### [Source data]
○ ○ ○ ○
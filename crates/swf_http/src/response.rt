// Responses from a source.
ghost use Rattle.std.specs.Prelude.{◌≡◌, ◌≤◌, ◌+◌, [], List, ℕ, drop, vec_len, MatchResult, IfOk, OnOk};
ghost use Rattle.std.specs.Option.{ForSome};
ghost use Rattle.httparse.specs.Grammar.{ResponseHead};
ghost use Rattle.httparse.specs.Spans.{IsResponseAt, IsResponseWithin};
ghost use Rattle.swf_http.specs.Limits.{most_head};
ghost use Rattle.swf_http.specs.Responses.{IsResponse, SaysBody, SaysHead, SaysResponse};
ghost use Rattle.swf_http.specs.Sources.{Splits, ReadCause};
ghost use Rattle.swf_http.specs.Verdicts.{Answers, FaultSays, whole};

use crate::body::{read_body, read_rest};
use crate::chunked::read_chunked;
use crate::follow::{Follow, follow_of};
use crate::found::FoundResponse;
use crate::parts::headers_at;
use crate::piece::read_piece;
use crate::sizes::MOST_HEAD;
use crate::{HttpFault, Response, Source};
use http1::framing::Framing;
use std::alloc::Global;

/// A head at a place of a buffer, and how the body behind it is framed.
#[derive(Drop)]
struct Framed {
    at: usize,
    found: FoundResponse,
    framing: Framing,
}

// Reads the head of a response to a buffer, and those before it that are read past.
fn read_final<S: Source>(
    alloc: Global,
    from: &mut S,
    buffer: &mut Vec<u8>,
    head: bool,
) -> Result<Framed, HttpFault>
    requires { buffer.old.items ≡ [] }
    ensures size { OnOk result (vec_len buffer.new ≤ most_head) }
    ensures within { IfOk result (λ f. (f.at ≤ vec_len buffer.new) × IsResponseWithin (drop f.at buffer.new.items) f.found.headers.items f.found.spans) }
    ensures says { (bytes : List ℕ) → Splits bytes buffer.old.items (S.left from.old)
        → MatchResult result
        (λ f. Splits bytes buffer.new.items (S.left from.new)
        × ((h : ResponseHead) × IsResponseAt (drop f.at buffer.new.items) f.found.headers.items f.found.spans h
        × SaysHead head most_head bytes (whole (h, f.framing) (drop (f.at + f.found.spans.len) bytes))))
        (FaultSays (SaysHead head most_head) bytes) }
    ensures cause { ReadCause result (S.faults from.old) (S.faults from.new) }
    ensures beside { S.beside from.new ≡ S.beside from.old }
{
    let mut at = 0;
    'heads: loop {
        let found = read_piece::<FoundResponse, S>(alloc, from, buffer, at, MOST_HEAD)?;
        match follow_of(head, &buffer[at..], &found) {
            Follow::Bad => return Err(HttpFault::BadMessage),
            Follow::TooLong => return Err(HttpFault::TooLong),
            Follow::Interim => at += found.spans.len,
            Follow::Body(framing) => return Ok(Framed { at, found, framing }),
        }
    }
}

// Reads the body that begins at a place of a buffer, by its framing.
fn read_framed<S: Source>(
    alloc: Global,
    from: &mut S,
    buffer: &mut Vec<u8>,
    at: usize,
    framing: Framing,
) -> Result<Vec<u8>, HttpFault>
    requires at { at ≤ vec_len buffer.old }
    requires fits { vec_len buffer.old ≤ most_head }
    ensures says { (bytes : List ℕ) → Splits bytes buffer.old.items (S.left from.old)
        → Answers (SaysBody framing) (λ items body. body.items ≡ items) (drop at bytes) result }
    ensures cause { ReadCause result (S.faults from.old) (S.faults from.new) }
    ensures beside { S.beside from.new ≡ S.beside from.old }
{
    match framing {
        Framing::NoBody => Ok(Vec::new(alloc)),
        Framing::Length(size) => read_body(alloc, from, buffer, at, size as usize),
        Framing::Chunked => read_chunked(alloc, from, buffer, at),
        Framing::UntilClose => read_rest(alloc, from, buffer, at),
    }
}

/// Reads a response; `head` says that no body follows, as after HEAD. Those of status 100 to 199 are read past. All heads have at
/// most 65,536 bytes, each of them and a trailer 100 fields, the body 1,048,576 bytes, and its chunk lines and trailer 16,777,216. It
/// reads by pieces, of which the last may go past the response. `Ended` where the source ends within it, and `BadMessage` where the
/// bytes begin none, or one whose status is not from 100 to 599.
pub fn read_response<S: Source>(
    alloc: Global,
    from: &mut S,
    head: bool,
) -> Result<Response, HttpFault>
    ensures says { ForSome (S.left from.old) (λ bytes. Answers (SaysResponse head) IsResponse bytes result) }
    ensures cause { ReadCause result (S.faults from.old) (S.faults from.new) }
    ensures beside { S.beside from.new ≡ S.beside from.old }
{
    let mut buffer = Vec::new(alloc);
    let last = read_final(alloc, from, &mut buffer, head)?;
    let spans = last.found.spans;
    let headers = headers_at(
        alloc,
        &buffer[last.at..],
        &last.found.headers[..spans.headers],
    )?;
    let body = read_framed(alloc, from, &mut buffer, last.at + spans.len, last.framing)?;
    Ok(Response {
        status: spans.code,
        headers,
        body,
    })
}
○ ○ ○ ○
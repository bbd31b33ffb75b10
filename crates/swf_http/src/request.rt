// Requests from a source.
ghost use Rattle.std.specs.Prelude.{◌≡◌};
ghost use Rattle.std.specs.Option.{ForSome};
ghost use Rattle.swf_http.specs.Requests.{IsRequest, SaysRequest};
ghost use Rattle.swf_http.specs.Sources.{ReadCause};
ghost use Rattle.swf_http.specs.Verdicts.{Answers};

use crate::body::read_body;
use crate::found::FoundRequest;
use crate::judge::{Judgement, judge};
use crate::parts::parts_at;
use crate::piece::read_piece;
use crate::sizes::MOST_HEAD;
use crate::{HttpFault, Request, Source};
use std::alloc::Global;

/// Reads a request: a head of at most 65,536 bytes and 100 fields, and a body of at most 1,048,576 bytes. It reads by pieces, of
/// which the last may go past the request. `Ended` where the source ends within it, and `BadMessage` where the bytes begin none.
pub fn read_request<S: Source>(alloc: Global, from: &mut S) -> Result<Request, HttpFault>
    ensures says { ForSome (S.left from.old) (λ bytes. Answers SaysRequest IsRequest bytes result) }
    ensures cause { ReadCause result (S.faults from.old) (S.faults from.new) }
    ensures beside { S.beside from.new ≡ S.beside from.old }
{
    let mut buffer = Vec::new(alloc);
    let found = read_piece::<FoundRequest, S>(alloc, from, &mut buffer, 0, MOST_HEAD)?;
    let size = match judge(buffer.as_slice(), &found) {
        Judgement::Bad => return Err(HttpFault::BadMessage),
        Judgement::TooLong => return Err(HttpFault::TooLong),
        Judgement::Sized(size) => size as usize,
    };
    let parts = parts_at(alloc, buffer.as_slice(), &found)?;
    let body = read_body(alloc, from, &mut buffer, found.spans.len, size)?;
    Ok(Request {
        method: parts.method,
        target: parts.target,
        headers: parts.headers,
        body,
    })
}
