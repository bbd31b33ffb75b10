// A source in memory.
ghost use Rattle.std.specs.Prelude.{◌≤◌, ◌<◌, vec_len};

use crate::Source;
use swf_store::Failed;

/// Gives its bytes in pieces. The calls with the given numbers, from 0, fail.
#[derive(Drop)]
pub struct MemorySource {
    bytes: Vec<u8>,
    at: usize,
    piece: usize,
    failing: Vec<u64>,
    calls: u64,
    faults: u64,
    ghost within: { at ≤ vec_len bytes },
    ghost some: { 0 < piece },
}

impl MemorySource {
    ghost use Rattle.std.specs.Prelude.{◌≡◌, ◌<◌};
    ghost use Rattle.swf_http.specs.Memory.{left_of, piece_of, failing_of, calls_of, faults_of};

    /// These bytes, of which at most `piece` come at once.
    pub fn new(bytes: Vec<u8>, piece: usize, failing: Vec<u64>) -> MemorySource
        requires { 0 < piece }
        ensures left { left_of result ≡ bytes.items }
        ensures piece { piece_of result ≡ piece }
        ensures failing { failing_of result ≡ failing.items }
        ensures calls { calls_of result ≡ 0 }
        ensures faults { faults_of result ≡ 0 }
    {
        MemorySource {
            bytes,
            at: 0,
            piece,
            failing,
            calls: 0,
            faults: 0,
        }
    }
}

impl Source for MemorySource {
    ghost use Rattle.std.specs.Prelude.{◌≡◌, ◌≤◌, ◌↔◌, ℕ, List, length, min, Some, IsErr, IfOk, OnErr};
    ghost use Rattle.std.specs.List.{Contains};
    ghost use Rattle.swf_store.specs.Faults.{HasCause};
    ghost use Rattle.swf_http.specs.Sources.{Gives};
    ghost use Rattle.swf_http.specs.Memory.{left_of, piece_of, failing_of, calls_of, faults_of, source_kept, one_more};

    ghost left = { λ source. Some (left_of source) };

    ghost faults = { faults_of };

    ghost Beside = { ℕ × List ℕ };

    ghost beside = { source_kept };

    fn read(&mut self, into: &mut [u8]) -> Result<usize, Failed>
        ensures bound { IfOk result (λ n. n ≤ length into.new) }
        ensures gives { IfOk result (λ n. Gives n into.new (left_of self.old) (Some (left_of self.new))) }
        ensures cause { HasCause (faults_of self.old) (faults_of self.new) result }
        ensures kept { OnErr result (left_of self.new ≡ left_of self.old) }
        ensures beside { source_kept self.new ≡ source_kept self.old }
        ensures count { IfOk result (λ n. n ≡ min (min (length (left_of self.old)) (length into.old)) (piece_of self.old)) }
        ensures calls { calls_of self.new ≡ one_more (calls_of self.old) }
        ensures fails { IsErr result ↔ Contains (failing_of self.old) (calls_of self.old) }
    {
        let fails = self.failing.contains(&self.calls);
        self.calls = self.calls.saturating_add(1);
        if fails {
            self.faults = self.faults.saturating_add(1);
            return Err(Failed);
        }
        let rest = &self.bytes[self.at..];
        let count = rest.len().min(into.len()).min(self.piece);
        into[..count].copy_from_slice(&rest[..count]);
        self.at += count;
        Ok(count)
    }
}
○ ○ ○ ○
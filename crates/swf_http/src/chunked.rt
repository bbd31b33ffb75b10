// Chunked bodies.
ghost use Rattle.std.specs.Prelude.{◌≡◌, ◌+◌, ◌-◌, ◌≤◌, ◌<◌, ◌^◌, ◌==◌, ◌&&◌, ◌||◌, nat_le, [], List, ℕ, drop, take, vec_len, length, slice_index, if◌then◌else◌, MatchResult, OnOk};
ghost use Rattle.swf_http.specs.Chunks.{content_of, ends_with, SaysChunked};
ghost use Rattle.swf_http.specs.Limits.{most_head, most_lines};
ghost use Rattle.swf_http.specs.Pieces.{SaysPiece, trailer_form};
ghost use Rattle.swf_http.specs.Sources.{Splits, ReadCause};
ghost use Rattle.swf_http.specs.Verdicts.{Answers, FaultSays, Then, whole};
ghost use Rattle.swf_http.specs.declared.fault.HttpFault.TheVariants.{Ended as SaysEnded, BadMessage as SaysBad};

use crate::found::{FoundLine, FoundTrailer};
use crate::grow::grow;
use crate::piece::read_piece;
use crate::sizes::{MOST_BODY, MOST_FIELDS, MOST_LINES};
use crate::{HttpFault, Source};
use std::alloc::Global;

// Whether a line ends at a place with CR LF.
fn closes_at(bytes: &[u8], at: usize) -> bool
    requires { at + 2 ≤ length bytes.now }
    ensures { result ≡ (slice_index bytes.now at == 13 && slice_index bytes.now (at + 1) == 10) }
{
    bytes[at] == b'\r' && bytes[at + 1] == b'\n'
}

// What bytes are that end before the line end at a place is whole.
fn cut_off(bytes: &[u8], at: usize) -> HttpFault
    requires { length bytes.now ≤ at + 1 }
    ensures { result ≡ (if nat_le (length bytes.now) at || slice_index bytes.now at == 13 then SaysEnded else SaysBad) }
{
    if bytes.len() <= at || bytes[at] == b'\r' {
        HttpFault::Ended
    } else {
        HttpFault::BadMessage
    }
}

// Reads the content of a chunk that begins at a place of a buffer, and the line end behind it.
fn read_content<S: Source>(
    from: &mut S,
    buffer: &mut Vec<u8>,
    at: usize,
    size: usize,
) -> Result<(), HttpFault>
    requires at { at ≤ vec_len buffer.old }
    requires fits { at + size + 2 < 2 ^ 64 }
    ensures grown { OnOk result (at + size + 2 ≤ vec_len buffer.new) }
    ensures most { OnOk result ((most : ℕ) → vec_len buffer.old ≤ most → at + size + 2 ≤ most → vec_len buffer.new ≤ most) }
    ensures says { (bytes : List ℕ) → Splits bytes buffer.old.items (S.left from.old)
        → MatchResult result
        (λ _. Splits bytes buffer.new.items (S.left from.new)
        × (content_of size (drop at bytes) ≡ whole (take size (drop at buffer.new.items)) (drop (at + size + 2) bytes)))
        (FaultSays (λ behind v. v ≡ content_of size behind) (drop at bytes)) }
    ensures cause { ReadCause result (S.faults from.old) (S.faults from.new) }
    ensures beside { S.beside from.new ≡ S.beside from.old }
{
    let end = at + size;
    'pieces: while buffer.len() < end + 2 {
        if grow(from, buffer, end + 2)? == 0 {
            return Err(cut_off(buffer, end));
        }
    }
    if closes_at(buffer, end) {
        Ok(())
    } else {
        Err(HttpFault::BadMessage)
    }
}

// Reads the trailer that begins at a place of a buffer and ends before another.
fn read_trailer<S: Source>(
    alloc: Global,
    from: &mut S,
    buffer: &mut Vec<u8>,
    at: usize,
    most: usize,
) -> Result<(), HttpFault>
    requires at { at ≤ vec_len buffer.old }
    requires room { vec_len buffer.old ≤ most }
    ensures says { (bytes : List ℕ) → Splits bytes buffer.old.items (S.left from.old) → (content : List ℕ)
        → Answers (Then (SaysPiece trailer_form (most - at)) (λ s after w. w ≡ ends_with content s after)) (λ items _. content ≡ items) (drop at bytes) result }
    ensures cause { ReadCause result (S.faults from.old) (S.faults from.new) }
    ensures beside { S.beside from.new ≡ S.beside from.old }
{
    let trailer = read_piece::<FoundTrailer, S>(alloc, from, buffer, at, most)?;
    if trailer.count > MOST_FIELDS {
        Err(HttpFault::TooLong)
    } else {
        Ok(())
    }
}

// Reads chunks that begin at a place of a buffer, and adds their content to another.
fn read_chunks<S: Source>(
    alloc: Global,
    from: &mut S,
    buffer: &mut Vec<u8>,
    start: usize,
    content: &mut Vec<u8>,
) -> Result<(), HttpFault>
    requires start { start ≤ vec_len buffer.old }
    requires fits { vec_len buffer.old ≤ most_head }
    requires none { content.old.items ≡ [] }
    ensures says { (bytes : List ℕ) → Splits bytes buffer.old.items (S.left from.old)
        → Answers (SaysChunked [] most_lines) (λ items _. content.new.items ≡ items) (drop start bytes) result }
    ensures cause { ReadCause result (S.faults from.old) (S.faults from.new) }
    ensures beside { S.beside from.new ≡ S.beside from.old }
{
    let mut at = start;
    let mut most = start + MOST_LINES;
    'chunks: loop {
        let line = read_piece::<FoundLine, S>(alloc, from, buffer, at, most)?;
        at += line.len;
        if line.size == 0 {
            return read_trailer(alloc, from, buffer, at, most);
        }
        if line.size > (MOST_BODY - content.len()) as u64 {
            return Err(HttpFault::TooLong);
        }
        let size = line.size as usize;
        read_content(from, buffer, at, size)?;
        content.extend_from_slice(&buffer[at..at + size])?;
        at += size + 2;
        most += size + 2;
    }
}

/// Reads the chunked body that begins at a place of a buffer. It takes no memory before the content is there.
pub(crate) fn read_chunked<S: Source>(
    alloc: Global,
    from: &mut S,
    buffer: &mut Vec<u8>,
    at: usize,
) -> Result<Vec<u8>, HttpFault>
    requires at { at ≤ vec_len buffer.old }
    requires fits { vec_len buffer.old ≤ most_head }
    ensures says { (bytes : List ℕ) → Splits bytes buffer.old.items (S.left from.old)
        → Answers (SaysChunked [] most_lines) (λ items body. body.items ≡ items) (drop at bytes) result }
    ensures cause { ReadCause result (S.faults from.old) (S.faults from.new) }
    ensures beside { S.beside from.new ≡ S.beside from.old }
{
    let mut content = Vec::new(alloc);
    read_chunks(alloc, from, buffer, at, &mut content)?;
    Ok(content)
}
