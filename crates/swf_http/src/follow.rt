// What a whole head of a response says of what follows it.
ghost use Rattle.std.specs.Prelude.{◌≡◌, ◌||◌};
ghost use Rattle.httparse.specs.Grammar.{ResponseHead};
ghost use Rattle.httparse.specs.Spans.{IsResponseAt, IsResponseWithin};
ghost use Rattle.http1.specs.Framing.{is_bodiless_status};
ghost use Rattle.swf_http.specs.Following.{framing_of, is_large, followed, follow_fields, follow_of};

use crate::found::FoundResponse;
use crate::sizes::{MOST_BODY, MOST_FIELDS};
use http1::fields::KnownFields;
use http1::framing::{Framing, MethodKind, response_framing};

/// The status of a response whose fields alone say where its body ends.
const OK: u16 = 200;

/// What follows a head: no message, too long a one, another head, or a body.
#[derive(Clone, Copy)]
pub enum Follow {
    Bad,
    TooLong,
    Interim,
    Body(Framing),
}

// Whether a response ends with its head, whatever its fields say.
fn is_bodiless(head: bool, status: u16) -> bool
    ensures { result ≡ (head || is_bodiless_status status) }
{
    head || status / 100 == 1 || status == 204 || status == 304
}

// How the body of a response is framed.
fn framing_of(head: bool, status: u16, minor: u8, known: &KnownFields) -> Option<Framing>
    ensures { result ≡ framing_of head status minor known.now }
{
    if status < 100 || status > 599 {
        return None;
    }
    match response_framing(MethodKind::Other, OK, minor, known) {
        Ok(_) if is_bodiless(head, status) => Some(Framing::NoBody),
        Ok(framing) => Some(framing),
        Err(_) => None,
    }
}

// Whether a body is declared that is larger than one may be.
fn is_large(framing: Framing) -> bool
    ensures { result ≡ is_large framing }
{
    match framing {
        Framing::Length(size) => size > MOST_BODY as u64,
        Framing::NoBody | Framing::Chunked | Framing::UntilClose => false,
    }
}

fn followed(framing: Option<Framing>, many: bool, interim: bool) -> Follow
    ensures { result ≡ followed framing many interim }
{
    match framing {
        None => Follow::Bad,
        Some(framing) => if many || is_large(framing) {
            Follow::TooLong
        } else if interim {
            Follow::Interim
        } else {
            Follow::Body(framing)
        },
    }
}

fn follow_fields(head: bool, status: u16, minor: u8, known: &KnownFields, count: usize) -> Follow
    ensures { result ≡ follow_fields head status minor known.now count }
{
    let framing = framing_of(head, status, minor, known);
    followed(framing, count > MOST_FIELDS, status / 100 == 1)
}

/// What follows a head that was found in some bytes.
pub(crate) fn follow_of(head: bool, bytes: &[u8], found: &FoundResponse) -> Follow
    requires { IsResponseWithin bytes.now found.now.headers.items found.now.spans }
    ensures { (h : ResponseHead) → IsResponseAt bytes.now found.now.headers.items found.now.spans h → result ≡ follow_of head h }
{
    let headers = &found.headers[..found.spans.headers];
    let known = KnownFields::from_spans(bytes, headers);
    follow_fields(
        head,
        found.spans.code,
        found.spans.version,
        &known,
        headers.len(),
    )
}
○ ○ ○ ○
### [The problem]
Your task is to collect every line above that contains the word "crates".

### [Result for this task]
filename crates/swf_http/src/response.rt
filename crates/swf_http/src/request.rt
filename crates/swf_http/src/chunked.rt
filename crates/swf_http/src/follow.rt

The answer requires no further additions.